» **What to do**
Go through the data and copy every line in which "Repeats" appears.

(Saved entries)
BEGIN
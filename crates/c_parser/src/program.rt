ghost use Rattle.std.specs.Prelude.{◌≡◌, IfOk};
ghost use Rattle.c_syntax.specs.Tokens.{lines_of};
ghost use Rattle.c_parser.specs.Parsed.{IsParsed, AreRead};
ghost use Rattle.c_parser.specs.ItemAnswers.{ItemRead};

use crate::error::ParseError;
use c_parser_expressions::{Reader, Stop};
use c_parser_items::item;
use c_syntax::{Item, Tokens, Tree};
use cbi_base::Seq;
use std::alloc::{AllocError, Global};

/// How deep the parts of a tree may nest.
const DEEPEST: u32 = 200;

/// The next item. A refusal says where it begins.
fn next_item(alloc: Global, reader: &mut Reader<'_>) -> Result<Item, ParseError>
    ensures { ItemRead reader.old reader.new result }
{
    let start = reader.at();
    match item(alloc, reader, DEEPEST) {
        Ok(item) => Ok(item),
        Err(Stop::Refused { index }) => Err(ParseError::Syntax {
            index,
            item: start as usize,
        }),
        Err(Stop::Memory) => Err(ParseError::Memory),
    }
}

/// All items of a text, of which there is one at least.
fn items(alloc: Global, tokens: &Tokens) -> Result<Vec<Item>, ParseError>
    ensures { AreRead tokens.now result }
{
    let mut reader = Reader::new(tokens.as_slice());
    let mut items = Vec::new(alloc);
    'items: while !reader.is_empty() {
        let item = next_item(alloc, &mut reader)?;
        items.push(item)?;
    }
    if items.is_empty() {
        return Err(ParseError::Syntax { index: 0, item: 0 });
    }
    Ok(items)
}

/// The line of each token.
fn lines(alloc: Global, tokens: &Tokens) -> Result<Vec<u32>, AllocError>
    ensures { IfOk result (λ v. v.items ≡ lines_of tokens.now) }
{
    tokens
        .as_slice()
        .iter()
        .map(|token| token.line)
        .collect(alloc)
}

/// The tree of a list of tokens.
pub(crate) fn tree(alloc: Global, tokens: &Tokens) -> Result<Tree, ParseError>
    ensures { IsParsed tokens.now result }
{
    let items = items(alloc, tokens)?;
    let lines = lines(alloc, tokens)?;
    Ok(Tree {
        items: Seq::from_vec(items),
        lines: Seq::from_vec(lines),
    })
}
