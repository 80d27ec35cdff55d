//! Patches of one pixel everywhere.

ghost use Rattle.std.specs.Prelude.{◌≡◌, All, IfOk, length, slice_index};
ghost use Rattle.plane_rect.specs.Rectangle.{InLimits};
ghost use Rattle.pixel_formats.specs.Format.{channels};
ghost use Rattle.model_images.specs.Image.{image_from_fn};
ghost use Rattle.patch_abyss.specs.Samples.{IsSampleOf};

use crate::patch::Patch;
use crate::reading::fetch;
use crate::samples::raw_pixel;
use alloc_basics::NoMemory;
use pixel_formats::{Abyss, Format};
use plane_rect::Rect;
use std::alloc::Global;

/// Returns the patch whose pixels have these samples, one for each channel. Takes time in proportion
/// to the rectangle's pixels.
///
/// # Errors
///
/// `NoMemory` if memory runs out.
pub fn solid_patch(
    alloc: Global,
    format: Format,
    samples: &[u32],
    out: Rect,
) -> Result<Patch, NoMemory>
    requires count { length samples.now ≡ channels format }
    requires each { All (IsSampleOf format) samples.now }
    requires limits { InLimits out }
    ensures { IfOk result (λ patch. patch ≡ image_from_fn out format (λ u v. slice_index samples.now)) }
{
    let pixel = raw_pixel(alloc, format, samples)?;
    let one = Patch::from_vec(Rect::spanning(0, 0, 1, 1), format, pixel);
    fetch(alloc, &one, Abyss::Clamp, out)
}
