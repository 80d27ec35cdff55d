//! Bytes that are written periodically.

ghost use Rattle.std.specs.Prelude.{◌≡◌, ℕ, ◌+◌, ◌-◌, ◌*◌, ◌%◌, ◌<◌, ◌≤◌, ◌⊎◌, length, slice_index};
ghost use Rattle.patch_abyss.specs.Copied.{HasRows, HasSides, HaveRoom, bytes_of};

use crate::rows::{Rows, copy_rows};

/// A row of bytes whose middle part is another row's.
#[derive(Clone, Copy)]
pub(crate) struct RowParts {
    /// How many bytes the row has.
    pub count: usize,
    /// Where the middle part begins.
    pub start: usize,
    /// Where it ends.
    pub end: usize,
}

/// Writes rows of `count` bytes, each with those of a row of `period` bytes repeated periodically
/// from an index on.
pub(crate) fn wrap_rows(
    to: &mut [u8],
    count: usize,
    from: &[u8],
    period: usize,
    first: usize,
    many: usize,
)
    requires first { first < period }
    requires to { length to.old ≡ many * count }
    requires from { length from.now ≡ many * period }
    ensures len { length to.new ≡ length to.old }
    ensures bytes { (j k : ℕ) → j < many → k < count →
        slice_index to.new (j * count + k) ≡ slice_index from.now (j * period + (first + k) % period) }
{
    let prefix = count.min(period - first);
    let both = count.min(period);
    let (left, right) = (Rows::new(0, count), Rows::new(prefix, count));
    copy_rows(to, left, from, Rows::new(first, period), prefix, many);
    copy_rows(to, right, from, Rows::new(0, period), both - prefix, many);
    if period < count {
        repeat_in_rows(to, left, count, period, many);
    }
}

/// Writes what is left and right of the middle parts of rows, in pixels of so many bytes: on the
/// left one pixel periodically, on the right another.
pub(crate) fn fill_sides(
    to: &mut [u8],
    parts: RowParts,
    from: &[u8],
    leading: Rows,
    trailing: Rows,
    pixel: usize,
    many: usize,
)
    requires some { 0 < pixel }
    requires start { parts.start ≤ parts.end }
    requires end { parts.end ≤ parts.count }
    requires to { length to.old ≡ many * parts.count }
    requires leading { HaveRoom leading pixel many from.now }
    requires trailing { HaveRoom trailing pixel many from.now }
    ensures len { length to.new ≡ length to.old }
    ensures sides { HasSides parts many pixel (bytes_of leading from.now) (bytes_of trailing from.now) to.old to.new }
{
    let (left, right) = (Rows::new(0, parts.count), Rows::new(parts.end, parts.count));
    cycle_rows(to, left, parts.start, from, leading, pixel, many);
    cycle_rows(
        to,
        right,
        parts.count - parts.end,
        from,
        trailing,
        pixel,
        many,
    );
}

/// Writes rows of `count` bytes, each with those of a row of `period` bytes repeated periodically.
fn cycle_rows(
    to: &mut [u8],
    targets: Rows,
    count: usize,
    from: &[u8],
    sources: Rows,
    period: usize,
    many: usize,
)
    requires some { 0 < period }
    requires apart { count ≤ targets.stride }
    requires to { HaveRoom targets count many to.old }
    requires from { HaveRoom sources period many from.now }
    ensures len { length to.new ≡ length to.old }
    ensures rows { HasRows targets count many (λ j k. bytes_of sources from.now j (k % period)) to.old to.new }
{
    if count == 0 {
        return;
    }
    for row in 0..many {
        cycle(
            &mut to[targets.row(row, count)],
            &from[sources.row(row, period)],
        );
    }
}

/// Repeats the first bytes of each row periodically after them, as many as the period.
fn repeat_in_rows(to: &mut [u8], rows: Rows, count: usize, period: usize, many: usize)
    requires some { 0 < period }
    requires apart { count ≤ rows.stride }
    requires to { HaveRoom rows count many to.old }
    ensures len { length to.new ≡ length to.old }
    ensures rows { HasRows rows count many (λ j k. bytes_of rows to.old j (k % period)) to.old to.new }
{
    for row in 0..many {
        repeat(&mut to[rows.row(row, count)], period);
    }
}

/// Writes the bytes of a slice periodically.
pub(crate) fn cycle(to: &mut [u8], from: &[u8])
    requires { 0 < length from.now }
    ensures len { length to.new ≡ length to.old }
    ensures bytes { (i : ℕ) → i < length to.old →
        slice_index to.new i ≡ slice_index from.now (i % length from.now) }
{
    if from.len() == 1 {
        to.fill(from[0]);
        return;
    }
    let prefix = to.len().min(from.len());
    to[..prefix].copy_from_slice(&from[..prefix]);
    repeat(to, from.len());
}

/// Repeats the first bytes periodically after them, as many as the period.
pub(crate) fn repeat(bytes: &mut [u8], period: usize)
    requires { 0 < period }
    ensures len { length bytes.new ≡ length bytes.old }
    ensures bytes { (i : ℕ) → i < length bytes.old →
        slice_index bytes.new i ≡ slice_index bytes.old (i % period) }
{
    let mut done = period;
    while done < bytes.len() {
        let more = done.min(bytes.len() - done);
        copy_prefix(bytes, done, more);
        done += more;
    }
}

/// Copies the first bytes, so many, to an index after them.
fn copy_prefix(bytes: &mut [u8], to: usize, count: usize)
    requires before { count ≤ to }
    requires room { to + count ≤ length bytes.old }
    ensures len { length bytes.new ≡ length bytes.old }
    ensures copied { (i : ℕ) → i < count →
        slice_index bytes.new (to + i) ≡ slice_index bytes.old i }
    ensures kept { (i : ℕ) → (i < to) ⊎ (to + count ≤ i) →
        slice_index bytes.new i ≡ slice_index bytes.old i }
{
    let (prefix, back) = bytes.split_at_mut(to);
    back[..count].copy_from_slice(&prefix[..count]);
}
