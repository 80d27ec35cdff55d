//! The raw bytes of samples.

ghost use Rattle.std.specs.Prelude.{◌≡◌, ◌++◌, All, IfOk};
ghost use Rattle.std.specs.List.{flat_map};
ghost use Rattle.pixel_formats.specs.Format.{depth};
ghost use Rattle.model_images.specs.Raw.{sample_bytes};
ghost use Rattle.patch_abyss.specs.Samples.{IsSampleOf};

use alloc_basics::NoMemory;
use byteorder::{ByteOrder, LittleEndian};
use pixel_formats::Format;
use std::alloc::Global;

/// Returns the raw bytes of a pixel of these samples, in their order.
///
/// # Errors
///
/// `NoMemory` if memory runs out.
pub fn raw_pixel(alloc: Global, format: Format, samples: &[u32]) -> Result<Vec<u8>, NoMemory>
    requires { All (IsSampleOf format) samples.now }
    ensures { IfOk result (λ bytes. bytes.items ≡ flat_map (sample_bytes (depth format)) samples.now) }
{
    let mut bytes = Vec::new(alloc);
    for sample in samples {
        push_sample(&mut bytes, format, *sample)?;
    }
    Ok(bytes)
}

/// Adds the raw bytes of a sample.
fn push_sample(bytes: &mut Vec<u8>, format: Format, sample: u32) -> Result<(), NoMemory>
    requires { IsSampleOf format sample }
    ensures { IfOk result (λ _. bytes.new.items ≡ bytes.old.items ++ sample_bytes (depth format) sample) }
{
    let mut encoded = [0; 4];
    LittleEndian::write_u32(&mut encoded, sample);
    bytes.extend_from_slice(&encoded[..format.depth() as usize])?;
    Ok(())
}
END
» **Solution**
/// Repeats the first bytes of each row periodically after them, as many as the period.
/// Repeats the first bytes periodically after them, as many as the period.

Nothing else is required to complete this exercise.